You and I - a film review

You and I (Breaking Glass Pictures, 2014) is the kind of film that sneaks up on you. Starts out painfully slow, with not very appealing characters off on a not very interesting trip somewhere and takes forever to be about something. You’re not meant to know what it’s about until it’s over. You only know that it will involve the evolution of an intimate but hitherto non-sexual friendship.

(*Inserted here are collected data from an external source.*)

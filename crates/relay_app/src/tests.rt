use super::*;
use frame_rule::check;
use relay_ports::{Host, MemHost, MemSink, MemSource};
use relay_words::{Order, read_words};
use std::alloc::{AllocError, Global};
use std::process::Abort;
use std::test::Fail;

// What a run is tried on and what it comes to: the codec, the input, how many bytes it gives a call, which of its calls
// and of the report's fail, how many bytes the report takes, the limit, the status and the report.
#[derive(Clone, Copy)]
struct Try<'a> {
    codec: &'a str,
    input: &'a [u8],
    most: usize,
    input_fails: Option<u64>,
    report_fails: Option<u64>,
    room: usize,
    limit: u64,
    status: Status,
    report: &'a [u8],
}

fn numbers(alloc: Global, n: Option<u64>) -> Result<Vec<u64>, AllocError> {
    let mut list = Vec::new(alloc);
    if let Some(n) = n {
        list.push(n)?;
    }
    Ok(list)
}

// The codec that a word means.
fn codec_of(alloc: Global, word: &str) -> Result<Option<Codec>, AllocError> {
    let mut words = words_of(alloc, "frames")?;
    let codec = String::from_str(alloc, word)?;
    if words.push(codec).is_err() {
        return Err(AllocError);
    }
    match read_words(alloc, &words) {
        Ok(Order::Frames { codec, .. }) => Ok(Some(codec)),
        _ => Ok(None),
    }
}

// A host whose input gives these bytes, and whose report takes `room` bytes.
fn host_of(
    alloc: Global,
    input: &[u8],
    most: usize,
    input_fails: Vec<u64>,
    room: usize,
    report_fails: Vec<u64>,
) -> Result<Option<MemHost>, AllocError> {
    let source = MemSource::new(Vec::from_slice(alloc, input)?, most.max(1), input_fails);
    let mut host = MemHost::new(alloc);
    host.add_in("", source)?;
    match MemSink::new(alloc, room, report_fails) {
        Ok(sink) => {
            host.set_report(sink);
            Ok(Some(host))
        }
        Err(_) => Ok(None),
    }
}
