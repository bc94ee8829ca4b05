//! Queues that are filled, written and taken apart.
use crate::Queue;
use iobuf_chain::{Chain, CutFault};
use iobuf_node::IoBuf;
use share_count::Mint;
use std::alloc::Global;
use std::process::Abort;

// Adds a node of wrapped bytes.
fn add<'a>(rt: &impl Abort, queue: &mut Queue<'a>, alloc: Global, text: &'a str) {
    assert!(rt; queue.chain_length() <= 1000 && text.len() <= 1000);
    let node = Chain::of(alloc, IoBuf::wrap(text.as_bytes()));
    queue.append_chain(node).expect(rt, "memory for a list");
}

// A queue of the nodes `ab` and `cd`.
fn two(rt: &impl Abort, alloc: Global) -> Queue<'static> {
    let mut queue: Queue<'static> = Queue::new(alloc);
    add(rt, &mut queue, alloc, "ab");
    add(rt, &mut queue, alloc, "cd");
    queue
}

// Whether a queue has so many nodes, and these data.
fn shows(queue: &Queue<'_>, nodes: usize, text: &str) -> bool {
    let size = queue.chain_length() == text.len();
    match queue.front() {
        Some(chain) => size && chain.elements() == nodes && chain.equals(text.as_bytes()),
        None => size && nodes == 0,
    }
}

// The bytes asked for, those that leave, and the nodes and bytes that stay, of `ab|cd`.
const CUTS: &[(usize, &str, usize, &str)] = &[
    (0, "", 2, "abcd"),
    (1, "a", 2, "bcd"),
    (2, "ab", 1, "cd"),
    (3, "abc", 1, "d"),
    (4, "abcd", 0, ""),
    (9, "abcd", 0, ""),
];

#[test]
fn at_most_the_first_bytes_leave(rt: HostRuntime) {
    let mut mint = Mint::new();
    for &(n, front, nodes, rest) in CUTS {
        let mut queue = two(&rt, rt.alloc());
        let cut = queue
            .split_at_most(rt.alloc(), n, &mut mint)
            .expect(&rt, "memory for a cut");
        assert!(rt; cut.equals(front.as_bytes()) && shows(&queue, nodes, rest));
    }
}

#[test]
fn more_than_there_is_is_short(rt: HostRuntime) {
    let mut queue = two(&rt, rt.alloc());
    let short = queue.split(rt.alloc(), 5, &mut Mint::new());
    assert!(rt;
        matches!(short, Err(CutFault::Short { asked: 5, had: 4 })) && shows(&queue, 2, "abcd")
    );
}

// Writes behind a queue's data, into room of at most 4 bytes.
fn write(rt: &impl Abort, queue: &mut Queue<'static>, alloc: Global, text: &str, mint: &mut Mint) {
    assert!(rt; queue.chain_length() <= 1000);
    let room = queue
        .preallocate(alloc, 1, 8, 4, mint)
        .expect(rt, "memory for a node");
    assert!(rt; text.len() <= room && queue.chain_length() <= 1000);
    queue.tail_mut()[..text.len()].copy_from_slice(text.as_bytes());
    assert!(rt; queue.chain_length() <= 1000);
    queue.postallocate(text.len());
}

#[test]
fn room_is_written_and_taken_in(rt: HostRuntime) {
    let mut mint = Mint::new();
    let mut queue = Queue::new(rt.alloc());
    write(&rt, &mut queue, rt.alloc(), "ab", &mut mint);
    assert!(rt; shows(&queue, 1, "ab") && queue.tail_mut().is_empty());
    write(&rt, &mut queue, rt.alloc(), "cde", &mut mint);
    assert!(rt; shows(&queue, 1, "abcde"));
    let all = queue.move_all();
    assert!(rt; all.is_some() && shows(&queue, 0, ""));
}
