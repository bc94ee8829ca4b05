//! The first bytes of a queue leave.
ghost use Rattle.std.specs.Prelude.{◌≡◌, ◌+◌, ◌-◌, ◌≤◌, ◌<◌, List, [], ◌++◌, Ok, IfOk, OnErr, length, take, drop, min};
ghost use Rattle.std.specs.List.{AllZip};
ghost use Rattle.buffer_model.specs.Segment.{bytes_of};
ghost use Rattle.buffer_model.specs.Minted.{AddsAtMost};
ghost use Rattle.buffer_model.specs.Stake.{KeepsTotalsBeside};
ghost use Rattle.iobuf_chain.specs.Accounts.{held_by, answered};
ghost use Rattle.iobuf_chain.specs.Cuts.{IsShortBeyond};
ghost use Rattle.iobuf_chain.specs.Shares.{Regains, IsEmptyChain};
ghost use Rattle.iobuf_queue.specs.Queued.{queue_of};
ghost use Rattle.chain_unshare.specs.Splits.{SplitsAt};

use crate::queue::QueueOf;
use iobuf_chain::{ChainOf, CutFault};
use iobuf_node::{IoBufOf, Wrapped};
use share_count::Mint;
use std::alloc::{AllocError, Global};
use std::mem;
use storage::Release;

impl<W: Wrapped, O: Release> QueueOf<W, O> {
    /// The first `n` bytes leave, as a chain, and the rest stays, as by `chain_unshare::split`; where all bytes leave,
    /// all nodes do, and the queue has none. Of a queue without a node no bytes are one node without data and room.
    /// `Short` exactly where there are fewer bytes, and then nothing changes. `IOBufQueue::split`.
    pub fn split(
        &mut self,
        alloc: Global,
        n: usize,
        mint: &mut Mint,
    ) -> Result<ChainOf<W, O>, CutFault>
        ensures short { IsShortBeyond n (length (bytes_of self.old.nodes)) result }
        ensures all { 0 < length self.old.nodes → n ≡ length (bytes_of self.old.nodes)
            → (result ≡ Ok self.old.nodes) × (self.new ≡ queue_of []) × (mint.new ≡ mint.old) }
        ensures empty { self.old.nodes ≡ [] → IfOk result (IsEmptyChain mint.old mint.new) × (self.new ≡ queue_of []) }
        ensures splits { n < length (bytes_of self.old.nodes)
            → IfOk result (λ front. SplitsAt n mint.old mint.new self.old.nodes front self.new.nodes) }
        ensures bytes { IfOk result (λ front. (bytes_of front ≡ take n (bytes_of self.old.nodes))
            × (bytes_of self.new.nodes ≡ drop n (bytes_of self.old.nodes))) }
        ensures refused { OnErr result (AllZip Regains self.old.nodes self.new.nodes) }
        ensures unchanged { length (bytes_of self.old.nodes) < n
            → (self.new ≡ queue_of self.old.nodes) × (mint.new ≡ mint.old) }
        ensures offer { self.new.lent ≡ 0 }
        ensures mint { AddsAtMost 1 mint.old mint.new }
        ensures totals { KeepsTotalsBeside mint.old mint.new (held_by self.old.nodes)
            (held_by (self.new.nodes ++ answered result)) }
    {
        self.lent = 0;
        let had = self.chain_length();
        if had < n {
            return Err(CutFault::Short { asked: n, had });
        }
        if self.empty {
            let node = IoBufOf::create(alloc, 0, mint)?;
            return Ok(ChainOf::of(alloc, node));
        }
        if had == n {
            let none = ChainOf::of(alloc, IoBufOf::empty());
            self.empty = true;
            return Ok(mem::replace(&mut self.chain, none));
        }
        chain_unshare::split(&mut self.chain, alloc, n, mint)
    }

    /// The first `n` bytes leave, or all where there are fewer: `split` of the lesser of both, which is never `Short`.
    /// `IOBufQueue::splitAtMost`.
    pub fn split_at_most(
        &mut self,
        alloc: Global,
        n: usize,
        mint: &mut Mint,
    ) -> Result<ChainOf<W, O>, AllocError>
        ensures all { 0 < length self.old.nodes → length (bytes_of self.old.nodes) ≤ n
            → (result ≡ Ok self.old.nodes) × (self.new ≡ queue_of []) × (mint.new ≡ mint.old) }
        ensures empty { self.old.nodes ≡ [] → IfOk result (IsEmptyChain mint.old mint.new) × (self.new ≡ queue_of []) }
        ensures splits { n < length (bytes_of self.old.nodes)
            → IfOk result (λ front. SplitsAt n mint.old mint.new self.old.nodes front self.new.nodes) }
        ensures refused { OnErr result (AllZip Regains self.old.nodes self.new.nodes) }
        ensures offer { self.new.lent ≡ 0 }
        ensures mint { AddsAtMost 1 mint.old mint.new }
        ensures totals { KeepsTotalsBeside mint.old mint.new (held_by self.old.nodes)
            (held_by (self.new.nodes ++ answered result)) }
    {
        let most = n.min(self.chain_length());
        match self.split(alloc, most, mint) {
            Ok(front) => Ok(front),
            Err(_) => Err(AllocError),
        }
    }
}
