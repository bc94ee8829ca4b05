//! Queues of nodes, which may be empty.
#![tactic(auto)]

mod front;
mod grow;
mod queue;
mod tail;
#[cfg(test)]
mod tests;

pub use queue::{Queue, QueueOf};
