//! Nodes and room that a queue gains.
ghost use Rattle.std.specs.Prelude.{◌≡◌, ◌≤◌, ◌+◌, ◌^◌, ◌↔◌, [], ◌∷◌, ◌++◌, length, min, max};
ghost use Rattle.std.specs.Prelude.{Ok, IsTrue, IfOk, OnErr, MatchResult};
ghost use Rattle.buffer_model.specs.Segment.{bytes_of};
ghost use Rattle.buffer_model.specs.Share.{IsWhole};
ghost use Rattle.buffer_model.specs.Stake.{held, KeepsTotals, KeepsTotalsBeside};
ghost use Rattle.buffer_model.specs.Minted.{AddsAtMost};
ghost use Rattle.iobuf_chain.specs.Accounts.{held_by, handed_back};
ghost use Rattle.iobuf_chain.specs.Tails.{last_of, turned_last};
ghost use Rattle.iobuf_queue.specs.Queued.{queue_of, room_of};
ghost use Rattle.iobuf_queue.specs.Parts.{claims, AddsRoom, HasTail, OffersTail};

use crate::queue::QueueOf;
use iobuf_chain::ChainOf;
use iobuf_node::{IoBufOf, Wrapped};
use share_count::Mint;
use std::alloc::{AllocError, Global};
use storage::Told;

impl<W: Wrapped, O: Told> QueueOf<W, O> {
    /// The nodes of a chain come last, as they are, with no byte copied: `IOBufQueue::append` without `pack`. O(nodes
    /// of the chain), amortised, and O(1) where the queue has no node. At want of memory the chain is handed back, and
    /// the queue keeps its nodes.
    pub fn append_chain(&mut self, chain: ChainOf<W, O>) -> Result<(), ChainOf<W, O>>
        requires { length (bytes_of self.old.nodes) + length (bytes_of chain) ≤ 2 ^ 62 }
        ensures joined { MatchResult result (λ _. self.new ≡ queue_of (self.old.nodes ++ chain)) (λ c. (c ≡ chain)
            × (self.new ≡ queue_of self.old.nodes)) }
        ensures totals { KeepsTotals (held_by (self.old.nodes ++ chain))
            (held_by (self.new.nodes ++ handed_back result)) }
    {
        self.lent = 0;
        if self.empty {
            self.empty = false;
            self.chain = chain;
            return Ok(());
        }
        self.chain.append_chain(chain)
    }

    /// Makes room for writing behind the data, and answers how many bytes of it `tail_mut` offers then: at most `most`,
    /// and at least `least`. Where the last node is whole and has so much room, it is that room, and the node is
    /// claimed by one look; else a node of `least` or `size` bytes, whichever is more, comes last. O(1), and at most
    /// one node's allocations. At want of memory the nodes stay. `IOBufQueue::preallocate`.
    pub fn preallocate(
        &mut self,
        alloc: Global,
        least: usize,
        size: usize,
        most: usize,
        mint: &mut Mint,
    ) -> Result<usize, AllocError>
        requires some { 1 ≤ least }
        requires most { least ≤ most }
        requires sum { length (bytes_of self.old.nodes) ≤ 2 ^ 62 }
        ensures there { HasTail least self.old.nodes → OffersTail most self.old self.new × (result ≡ Ok self.new.lent)
            × (mint.new ≡ mint.old) }
        ensures added { (HasTail least self.old.nodes → ⊥) → IfOk result (λ n. (n ≡ min (max least size) most)
            × (self.new.lent ≡ n) × AddsRoom (max least size) mint.old mint.new self.old.nodes self.new.nodes) }
        ensures offers { IfOk result (λ n. (self.new.lent ≡ n) × (n ≤ most)) }
        ensures refused { OnErr result (self.new ≡ queue_of self.old.nodes) }
        ensures mint { AddsAtMost 1 mint.old mint.new }
        ensures totals { KeepsTotalsBeside mint.old mint.new (held_by self.old.nodes) (held_by self.new.nodes) }
    {
        if self.has_tail(least) {
            let room = claim_last(&mut self.chain);
            let lent = room.min(most);
            self.lent = lent;
            return Ok(lent);
        }
        self.add_room(alloc, least.max(size), most, mint)
    }

    // A node without data and with so much room comes last, of which at most so many bytes are offered.
    fn add_room(
        &mut self,
        alloc: Global,
        size: usize,
        most: usize,
        mint: &mut Mint,
    ) -> Result<usize, AllocError>
        requires sum { length (bytes_of self.old.nodes) ≤ 2 ^ 62 }
        ensures added { IfOk result (λ n. (n ≡ min size most) × (self.new.lent ≡ n)
            × AddsRoom size mint.old mint.new self.old.nodes self.new.nodes) }
        ensures refused { OnErr result (self.new ≡ queue_of self.old.nodes) }
        ensures mint { AddsAtMost 1 mint.old mint.new }
        ensures totals { KeepsTotalsBeside mint.old mint.new (held_by self.old.nodes) (held_by self.new.nodes) }
    {
        self.lent = 0;
        let node = IoBufOf::create(alloc, size, mint)?;
        match self.append_chain(ChainOf::of(alloc, node)) {
            Ok(()) => (),
            Err(_) => return Err(AllocError),
        }
        let lent = size.min(most);
        self.lent = lent;
        Ok(lent)
    }

    // Whether the last node is whole and has so much room behind its data.
    pub(crate) fn has_tail(&self, n: usize) -> bool
        ensures { IsTrue result ↔ HasTail n self.now.nodes }
    {
        if self.empty {
            return false;
        }
        let last = self.chain.node(self.chain.elements() - 1);
        if last.whole() {
            return n <= last.tailroom();
        }
        false
    }
}

// Claims the last node's storage for writing, and answers how much room there is behind its data.
pub(crate) fn claim_last<W: Wrapped, O: Told>(chain: &mut ChainOf<W, O>) -> usize
    requires { HasTail 0 chain.old }
    ensures room { result ≡ length (room_of (last_of chain.old)) }
    ensures nodes { chain.new ≡ turned_last claims chain.old }
    ensures totals { KeepsTotals (held_by chain.old) (held_by chain.new) }
{
    let _sum = chain.length();
    let last = chain.elements() - 1;
    let mut node = chain.swap_node(last, IoBufOf::empty());
    let room = node.tailroom();
    claim(&mut node);
    let _ = chain.swap_node(last, node);
    room
}

// Claims a whole node's storage for writing.
fn claim<W: Wrapped, O: Told>(node: &mut IoBufOf<W, O>)
    requires { IsWhole node.old.share }
    ensures node { node.new ≡ claims node.old }
    ensures totals { KeepsTotals (held node.old.share ∷ []) (held node.new.share ∷ []) }
{
    match node.mine() {
        Ok(_mine) => (),
        Err(_) => unreachable!(),
    }
}
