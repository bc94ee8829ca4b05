ghost use Rattle.std.specs.Prelude.{◌≡◌, ℕ, ◌≤◌, List, Some, Ok, map};
ghost use Rattle.std.specs.String.{string_bytes};
ghost use Rattle.frame_head.specs.declared.codecs.Codec.{Codec};
ghost use Rattle.relay_words.specs.Orders.{order};
ghost use Rattle.relay_words.specs.declared.faults.UsageKind.{UsageKind};
ghost use Rattle.relay_words.specs.declared.faults.WordFault.{WordFault};
ghost use Rattle.relay_words.specs.declared.order.Order.{Order};
ghost use Rattle.relay_app.specs.Framing.{framing};
ghost use Rattle.relay_app.specs.Orders.{Refuses, refusal_of};
ghost use Rattle.relay_app.specs.Runs.{Answers, RunsInput};

use crate::framing::frames;
use crate::status::Status;
use relay_ports::Host;
use relay_words::{Order, UsageKind, WordFault, read_words};
use std::alloc::Global;

// The command is good, and can't run yet.
const NOT_BUILT: Status = Status::Usage {
    word: 0,
    kind: UsageKind::NotBuilt,
};

/// Does what the words ask for: `frames` cuts its input into frames, and writes a line for each to the report.
///
/// Of words that aren't in the grammar it answers `Usage` with the first bad one, and of a good command that can't
/// run yet `Usage` with the kind `NotBuilt`; the host is then as it was. Where the words' memory is refused it answers
/// `Memory`, and the host is as it was too. Reading the words is linear in them.
pub fn run_plain<H: Host>(alloc: Global, host: &mut H, words: &[String]) -> Status
    ensures usage { (word : ℕ) (kind : UsageKind) → result ≡ Status.Usage word kind
        → refusal_of (order (map (λ w. string_bytes w) words.now)) ≡ Some (WordFault.Usage word kind) }
    ensures untouched { (word : ℕ) (kind : UsageKind)
        → refusal_of (order (map (λ w. string_bytes w) words.now)) ≡ Some (WordFault.Usage word kind)
        → Refuses word kind host.old host.new result }
    ensures frames { (codec : Codec) (block limit : ℕ) (input : List ℕ)
        → order (map (λ w. string_bytes w) words.now) ≡ Ok (Order.Frames codec block limit input)
        → RunsInput (Answers (framing codec)) input limit (H.state host.old) (H.state host.new) result }
    ensures report_faults { (H.state host.old).report.faults ≤ (H.state host.new).report.faults }
{
    let order = match read_words(alloc, words) {
        Ok(order) => order,
        Err(WordFault::Usage { word, kind }) => return Status::Usage { word, kind },
        Err(WordFault::NoMemory) => return Status::Memory,
    };
    match order {
        Order::Frames {
            codec,
            block,
            limit,
            input,
        } => frames(alloc, host, codec, input.as_str(), block, limit),
        Order::Chain { .. } | Order::Relay { .. } | Order::Mill { .. } => NOT_BUILT,
    }
}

The road trip begins when Jonas picks up his English friend Phillip at Tegel Airport in Berlin, who flies in from London to join him as he embarks on a photography project. They drive their van loaded with camping equipment out into the boonies, a place called Uckermark, an hour and a bit, plus a couple centuries, northeast of Berlin on the Polish border. The two of them drink wine and swim and horse around with no clear plan in mind. And apparently no time limits. At some point they come across Boris, a Polish hitchhiker, whom Jonas invites to join them once he learns he knows the area.  Boris seems a tad unnerved at first at Phillip’s revelation that he is gay and cannot quite figure out what kind of relationship Phillip has with Jonas. 

Zwichow Castle
What starts out as a very slow moving road trip by two uninteresting characters joined by a third guy your instincts should tell you it's probably best to avoid, becomes an erotic tease as you get to watch what Boris’s presence does to Jonas and Phillip’s friendship.  Boris, the horny homophobe has no reason not to explore the unexpected presence of a handsome gay guy fate has thrown in his path. It’s not unimportant to the plot that no other human beings are in sight. And there is nothing that calls them away from eating, sleeping, being young, breaking their way into abandoned castles, swimming in the nude and pilfering the wine cellar.

In German and English (Phillip and Jonas both switch back and forth). Go to Settings to turn on English subtitles. Since it’s a German film, there are lots of full frontals for those who go in for that sort of thing.  Streaming on Amazon Prime.